SOURCE DATA
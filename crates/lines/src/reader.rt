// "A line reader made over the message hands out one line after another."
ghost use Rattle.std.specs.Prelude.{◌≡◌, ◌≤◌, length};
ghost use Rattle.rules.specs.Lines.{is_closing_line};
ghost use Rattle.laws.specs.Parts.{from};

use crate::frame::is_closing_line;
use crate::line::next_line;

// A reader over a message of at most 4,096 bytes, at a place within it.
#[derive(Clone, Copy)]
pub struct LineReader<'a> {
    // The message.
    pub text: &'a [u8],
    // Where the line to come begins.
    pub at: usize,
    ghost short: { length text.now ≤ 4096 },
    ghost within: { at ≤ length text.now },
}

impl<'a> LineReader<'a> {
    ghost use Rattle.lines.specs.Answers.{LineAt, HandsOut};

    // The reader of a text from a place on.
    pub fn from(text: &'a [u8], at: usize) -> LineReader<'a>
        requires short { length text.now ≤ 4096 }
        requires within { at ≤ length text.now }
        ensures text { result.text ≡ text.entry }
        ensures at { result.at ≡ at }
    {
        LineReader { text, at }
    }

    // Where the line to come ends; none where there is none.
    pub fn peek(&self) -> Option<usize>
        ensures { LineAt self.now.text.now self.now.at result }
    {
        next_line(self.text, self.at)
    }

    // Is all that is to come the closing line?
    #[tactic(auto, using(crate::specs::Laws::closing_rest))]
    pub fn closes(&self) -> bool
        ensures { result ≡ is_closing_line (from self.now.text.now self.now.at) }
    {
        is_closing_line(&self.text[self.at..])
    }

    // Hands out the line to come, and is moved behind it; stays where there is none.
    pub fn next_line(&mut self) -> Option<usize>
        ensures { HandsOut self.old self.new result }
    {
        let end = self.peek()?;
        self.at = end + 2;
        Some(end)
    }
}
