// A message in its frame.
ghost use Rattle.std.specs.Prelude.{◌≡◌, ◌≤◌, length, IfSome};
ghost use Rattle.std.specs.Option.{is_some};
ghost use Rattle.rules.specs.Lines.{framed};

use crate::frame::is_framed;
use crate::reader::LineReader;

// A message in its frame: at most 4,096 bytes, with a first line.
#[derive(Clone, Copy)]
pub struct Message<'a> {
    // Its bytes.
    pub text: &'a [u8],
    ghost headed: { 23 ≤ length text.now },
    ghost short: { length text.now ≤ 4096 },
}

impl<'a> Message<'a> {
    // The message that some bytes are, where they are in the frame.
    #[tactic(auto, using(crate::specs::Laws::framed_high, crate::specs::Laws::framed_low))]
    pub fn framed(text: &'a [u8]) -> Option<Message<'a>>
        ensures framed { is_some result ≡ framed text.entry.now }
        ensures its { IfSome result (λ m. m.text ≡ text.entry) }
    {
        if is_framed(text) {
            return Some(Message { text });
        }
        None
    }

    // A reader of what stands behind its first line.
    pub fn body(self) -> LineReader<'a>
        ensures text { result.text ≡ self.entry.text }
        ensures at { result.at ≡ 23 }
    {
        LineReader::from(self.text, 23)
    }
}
==
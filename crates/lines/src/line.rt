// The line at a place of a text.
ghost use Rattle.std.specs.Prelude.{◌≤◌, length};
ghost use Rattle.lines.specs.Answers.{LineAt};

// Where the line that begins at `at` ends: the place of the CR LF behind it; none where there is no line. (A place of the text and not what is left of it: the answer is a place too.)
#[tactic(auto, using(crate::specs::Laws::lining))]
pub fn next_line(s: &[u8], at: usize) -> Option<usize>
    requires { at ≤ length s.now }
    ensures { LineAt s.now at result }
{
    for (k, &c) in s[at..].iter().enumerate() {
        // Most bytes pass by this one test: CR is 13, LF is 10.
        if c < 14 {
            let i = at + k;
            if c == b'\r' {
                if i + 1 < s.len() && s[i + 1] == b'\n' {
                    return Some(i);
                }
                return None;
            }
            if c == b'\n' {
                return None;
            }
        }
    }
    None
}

PROBLEM
Within the material above, extract exactly the lines that start at the line containing "filename crates/lines/src/reader.rt" and stop after the line containing "pub fn from(text: &'a", and only those.

COMPLETED EXERCISE
filename crates/lines/src/reader.rt
// "A line reader made over the message hands out one line after another."
ghost use Rattle.std.specs.Prelude.{◌≡◌, ◌≤◌, length};
ghost use Rattle.rules.specs.Lines.{is_closing_line};
ghost use Rattle.laws.specs.Parts.{from};

use crate::frame::is_closing_line;
use crate::line::next_line;

// A reader over a message of at most 4,096 bytes, at a place within it.
#[derive(Clone, Copy)]
pub struct LineReader<'a> {
    // The message.
    pub text: &'a [u8],
    // Where the line to come begins.
    pub at: usize,
    ghost short: { length text.now ≤ 4096 },
    ghost within: { at ≤ length text.now },
}

impl<'a> LineReader<'a> {
    ghost use Rattle.lines.specs.Answers.{LineAt, HandsOut};

    // The reader of a text from a place on.
    pub fn from(text: &'a [u8], at: usize) -> LineReader<'a>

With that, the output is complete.